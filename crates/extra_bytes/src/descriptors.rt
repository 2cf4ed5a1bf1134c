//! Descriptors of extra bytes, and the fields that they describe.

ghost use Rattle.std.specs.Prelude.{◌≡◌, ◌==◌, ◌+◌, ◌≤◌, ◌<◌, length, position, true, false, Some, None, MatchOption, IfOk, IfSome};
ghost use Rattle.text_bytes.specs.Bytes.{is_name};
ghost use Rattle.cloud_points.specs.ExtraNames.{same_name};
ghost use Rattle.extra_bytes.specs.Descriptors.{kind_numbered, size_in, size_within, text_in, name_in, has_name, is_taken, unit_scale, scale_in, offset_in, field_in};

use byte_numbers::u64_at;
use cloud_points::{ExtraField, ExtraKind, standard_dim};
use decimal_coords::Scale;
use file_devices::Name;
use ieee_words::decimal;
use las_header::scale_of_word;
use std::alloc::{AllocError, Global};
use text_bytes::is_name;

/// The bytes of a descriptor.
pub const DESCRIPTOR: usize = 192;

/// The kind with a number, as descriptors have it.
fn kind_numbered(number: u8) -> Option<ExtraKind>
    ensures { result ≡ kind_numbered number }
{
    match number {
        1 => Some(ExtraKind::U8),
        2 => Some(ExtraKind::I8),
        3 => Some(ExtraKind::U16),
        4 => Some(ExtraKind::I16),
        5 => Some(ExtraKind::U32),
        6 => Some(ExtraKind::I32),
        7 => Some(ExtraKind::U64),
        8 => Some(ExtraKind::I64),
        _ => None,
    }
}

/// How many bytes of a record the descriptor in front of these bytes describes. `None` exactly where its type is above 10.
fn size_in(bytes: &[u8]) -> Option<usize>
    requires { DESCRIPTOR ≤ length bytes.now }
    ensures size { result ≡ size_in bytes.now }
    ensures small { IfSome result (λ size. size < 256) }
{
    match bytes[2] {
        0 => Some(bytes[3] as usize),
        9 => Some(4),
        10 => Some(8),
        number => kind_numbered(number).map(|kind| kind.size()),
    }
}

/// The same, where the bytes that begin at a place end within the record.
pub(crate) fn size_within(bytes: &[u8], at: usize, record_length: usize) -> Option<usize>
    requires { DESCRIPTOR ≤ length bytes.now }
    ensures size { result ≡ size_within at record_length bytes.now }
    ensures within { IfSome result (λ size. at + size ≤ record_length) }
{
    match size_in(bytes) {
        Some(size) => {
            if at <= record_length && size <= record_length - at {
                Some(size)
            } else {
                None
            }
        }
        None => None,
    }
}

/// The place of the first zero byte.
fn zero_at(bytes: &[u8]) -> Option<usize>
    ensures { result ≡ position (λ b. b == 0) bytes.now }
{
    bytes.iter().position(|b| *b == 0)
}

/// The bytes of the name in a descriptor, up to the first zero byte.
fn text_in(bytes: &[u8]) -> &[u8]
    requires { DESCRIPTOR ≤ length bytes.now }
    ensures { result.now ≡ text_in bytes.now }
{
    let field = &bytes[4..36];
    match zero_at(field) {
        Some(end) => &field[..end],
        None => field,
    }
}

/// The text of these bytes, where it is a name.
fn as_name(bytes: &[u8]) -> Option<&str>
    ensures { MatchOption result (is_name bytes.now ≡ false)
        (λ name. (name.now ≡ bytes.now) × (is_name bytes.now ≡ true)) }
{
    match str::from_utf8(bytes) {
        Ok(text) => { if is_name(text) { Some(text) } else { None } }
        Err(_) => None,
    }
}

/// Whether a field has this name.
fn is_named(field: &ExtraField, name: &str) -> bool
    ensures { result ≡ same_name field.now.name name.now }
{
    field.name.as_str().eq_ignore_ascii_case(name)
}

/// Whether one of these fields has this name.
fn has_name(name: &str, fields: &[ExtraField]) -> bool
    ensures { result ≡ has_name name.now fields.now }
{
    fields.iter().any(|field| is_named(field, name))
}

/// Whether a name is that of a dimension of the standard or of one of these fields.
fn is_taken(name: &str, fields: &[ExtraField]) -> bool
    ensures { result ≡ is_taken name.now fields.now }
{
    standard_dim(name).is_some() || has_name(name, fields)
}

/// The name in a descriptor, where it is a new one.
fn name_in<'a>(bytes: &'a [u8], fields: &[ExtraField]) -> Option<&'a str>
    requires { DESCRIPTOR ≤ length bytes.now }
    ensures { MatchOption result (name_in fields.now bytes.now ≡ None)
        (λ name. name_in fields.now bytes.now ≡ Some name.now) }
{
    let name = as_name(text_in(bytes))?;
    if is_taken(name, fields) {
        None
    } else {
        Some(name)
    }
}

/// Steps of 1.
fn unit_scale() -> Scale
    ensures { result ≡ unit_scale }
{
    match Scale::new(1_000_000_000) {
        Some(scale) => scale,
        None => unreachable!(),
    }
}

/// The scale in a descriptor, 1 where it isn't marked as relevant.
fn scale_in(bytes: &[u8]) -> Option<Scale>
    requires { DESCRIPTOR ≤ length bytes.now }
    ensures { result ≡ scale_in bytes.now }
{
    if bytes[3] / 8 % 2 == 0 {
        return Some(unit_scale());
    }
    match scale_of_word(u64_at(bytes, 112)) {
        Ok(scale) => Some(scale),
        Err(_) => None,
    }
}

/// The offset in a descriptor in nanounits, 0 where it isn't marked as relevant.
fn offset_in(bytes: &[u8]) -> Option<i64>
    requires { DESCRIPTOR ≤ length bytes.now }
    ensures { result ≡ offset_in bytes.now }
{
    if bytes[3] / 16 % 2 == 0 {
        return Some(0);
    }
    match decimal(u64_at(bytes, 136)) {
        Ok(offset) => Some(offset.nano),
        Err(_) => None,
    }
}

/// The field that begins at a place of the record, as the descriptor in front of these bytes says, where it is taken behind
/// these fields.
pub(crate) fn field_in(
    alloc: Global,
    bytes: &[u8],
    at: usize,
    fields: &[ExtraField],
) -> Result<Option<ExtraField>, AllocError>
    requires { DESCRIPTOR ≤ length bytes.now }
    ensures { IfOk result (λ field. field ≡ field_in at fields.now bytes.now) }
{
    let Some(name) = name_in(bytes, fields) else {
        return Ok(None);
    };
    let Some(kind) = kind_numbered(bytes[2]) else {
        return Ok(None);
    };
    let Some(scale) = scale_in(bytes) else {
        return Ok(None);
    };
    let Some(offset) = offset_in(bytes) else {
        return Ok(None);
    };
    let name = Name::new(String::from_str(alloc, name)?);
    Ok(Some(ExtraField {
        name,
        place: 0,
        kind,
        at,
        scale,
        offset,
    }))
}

-=-=-

### What you have to do:
Retyping the whole listing exactly is the task here.

### Final answer:
filename crates/extra_bytes/src/descriptors.rt
repository 2cf4ed5a1bf1134c
//! Descriptors of extra bytes, and the fields that they describe.

ghost use Rattle.std.specs.Prelude.{◌≡◌, ◌==◌, ◌+◌, ◌≤◌, ◌<◌, length, position, true, false, Some, None, MatchOption, IfOk, IfSome};
ghost use Rattle.text_bytes.specs.Bytes.{is_name};
ghost use Rattle.cloud_points.specs.ExtraNames.{same_name};
ghost use Rattle.extra_bytes.specs.Descriptors.{kind_numbered, size_in, size_within, text_in, name_in, has_name, is_taken, unit_scale, scale_in, offset_in, field_in};

use byte_numbers::u64_at;
use cloud_points::{ExtraField, ExtraKind, standard_dim};
use decimal_coords::Scale;
use file_devices::Name;
use ieee_words::decimal;
use las_header::scale_of_word;
use std::alloc::{AllocError, Global};
use text_bytes::is_name;

/// The bytes of a descriptor.
pub const DESCRIPTOR: usize = 192;

/// The kind with a number, as descriptors have it.
fn kind_numbered(number: u8) -> Option<ExtraKind>
    ensures { result ≡ kind_numbered number }
{
    match number {
        1 => Some(ExtraKind::U8),
        2 => Some(ExtraKind::I8),
        3 => Some(ExtraKind::U16),
        4 => Some(ExtraKind::I16),
        5 => Some(ExtraKind::U32),
        6 => Some(ExtraKind::I32),
        7 => Some(ExtraKind::U64),
        8 => Some(ExtraKind::I64),
        _ => None,
    }
}

/// How many bytes of a record the descriptor in front of these bytes describes. `None` exactly where its type is above 10.
fn size_in(bytes: &[u8]) -> Option<usize>
    requires { DESCRIPTOR ≤ length bytes.now }
    ensures size { result ≡ size_in bytes.now }
    ensures small { IfSome result (λ size. size < 256) }
{
    match bytes[2] {
        0 => Some(bytes[3] as usize),
        9 => Some(4),
        10 => Some(8),
        number => kind_numbered(number).map(|kind| kind.size()),
    }
}

/// The same, where the bytes that begin at a place end within the record.
pub(crate) fn size_within(bytes: &[u8], at: usize, record_length: usize) -> Option<usize>
    requires { DESCRIPTOR ≤ length bytes.now }
    ensures size { result ≡ size_within at record_length bytes.now }
    ensures within { IfSome result (λ size. at + size ≤ record_length) }
{
    match size_in(bytes) {
        Some(size) => {
            if at <= record_length && size <= record_length - at {
                Some(size)
            } else {
                None
            }
        }
        None => None,
    }
}

/// The place of the first zero byte.
fn zero_at(bytes: &[u8]) -> Option<usize>
    ensures { result ≡ position (λ b. b == 0) bytes.now }
{
    bytes.iter().position(|b| *b == 0)
}

/// The bytes of the name in a descriptor, up to the first zero byte.
fn text_in(bytes: &[u8]) -> &[u8]
    requires { DESCRIPTOR ≤ length bytes.now }
    ensures { result.now ≡ text_in bytes.now }
{
    let field = &bytes[4..36];
    match zero_at(field) {
        Some(end) => &field[..end],
        None => field,
    }
}

/// The text of these bytes, where it is a name.
fn as_name(bytes: &[u8]) -> Option<&str>
    ensures { MatchOption result (is_name bytes.now ≡ false)
        (λ name. (name.now ≡ bytes.now) × (is_name bytes.now ≡ true)) }
{
    match str::from_utf8(bytes) {
        Ok(text) => { if is_name(text) { Some(text) } else { None } }
        Err(_) => None,
    }
}

/// Whether a field has this name.
fn is_named(field: &ExtraField, name: &str) -> bool
    ensures { result ≡ same_name field.now.name name.now }
{
    field.name.as_str().eq_ignore_ascii_case(name)
}

/// Whether one of these fields has this name.
fn has_name(name: &str, fields: &[ExtraField]) -> bool
    ensures { result ≡ has_name name.now fields.now }
{
    fields.iter().any(|field| is_named(field, name))
}

/// Whether a name is that of a dimension of the standard or of one of these fields.
fn is_taken(name: &str, fields: &[ExtraField]) -> bool
    ensures { result ≡ is_taken name.now fields.now }
{
    standard_dim(name).is_some() || has_name(name, fields)
}

/// The name in a descriptor, where it is a new one.
fn name_in<'a>(bytes: &'a [u8], fields: &[ExtraField]) -> Option<&'a str>
    requires { DESCRIPTOR ≤ length bytes.now }
    ensures { MatchOption result (name_in fields.now bytes.now ≡ None)
        (λ name. name_in fields.now bytes.now ≡ Some name.now) }
{
    let name = as_name(text_in(bytes))?;
    if is_taken(name, fields) {
        None
    } else {
        Some(name)
    }
}

/// Steps of 1.
fn unit_scale() -> Scale
    ensures { result ≡ unit_scale }
{
    match Scale::new(1_000_000_000) {
        Some(scale) => scale,
        None => unreachable!(),
    }
}

/// The scale in a descriptor, 1 where it isn't marked as relevant.
fn scale_in(bytes: &[u8]) -> Option<Scale>
    requires { DESCRIPTOR ≤ length bytes.now }
    ensures { result ≡ scale_in bytes.now }
{
    if bytes[3] / 8 % 2 == 0 {
        return Some(unit_scale());
    }
    match scale_of_word(u64_at(bytes, 112)) {
        Ok(scale) => Some(scale),
        Err(_) => None,
    }
}

/// The offset in a descriptor in nanounits, 0 where it isn't marked as relevant.
fn offset_in(bytes: &[u8]) -> Option<i64>
    requires { DESCRIPTOR ≤ length bytes.now }
    ensures { result ≡ offset_in bytes.now }
{
    if bytes[3] / 16 % 2 == 0 {
        return Some(0);
    }
    match decimal(u64_at(bytes, 136)) {
        Ok(offset) => Some(offset.nano),
        Err(_) => None,
    }
}

/// The field that begins at a place of the record, as the descriptor in front of these bytes says, where it is taken behind
/// these fields.
pub(crate) fn field_in(
    alloc: Global,
    bytes: &[u8],
    at: usize,
    fields: &[ExtraField],
) -> Result<Option<ExtraField>, AllocError>
    requires { DESCRIPTOR ≤ length bytes.now }
    ensures { IfOk result (λ field. field ≡ field_in at fields.now bytes.now) }
{
    let Some(name) = name_in(bytes, fields) else {
        return Ok(None);
    };
    let Some(kind) = kind_numbered(bytes[2]) else {
        return Ok(None);
    };
    let Some(scale) = scale_in(bytes) else {
        return Ok(None);
    };
    let Some(offset) = offset_in(bytes) else {
        return Ok(None);
    };
    let name = Name::new(String::from_str(alloc, name)?);
    Ok(Some(ExtraField {
        name,
        place: 0,
        kind,
        at,
        scale,
        offset,
    }))
}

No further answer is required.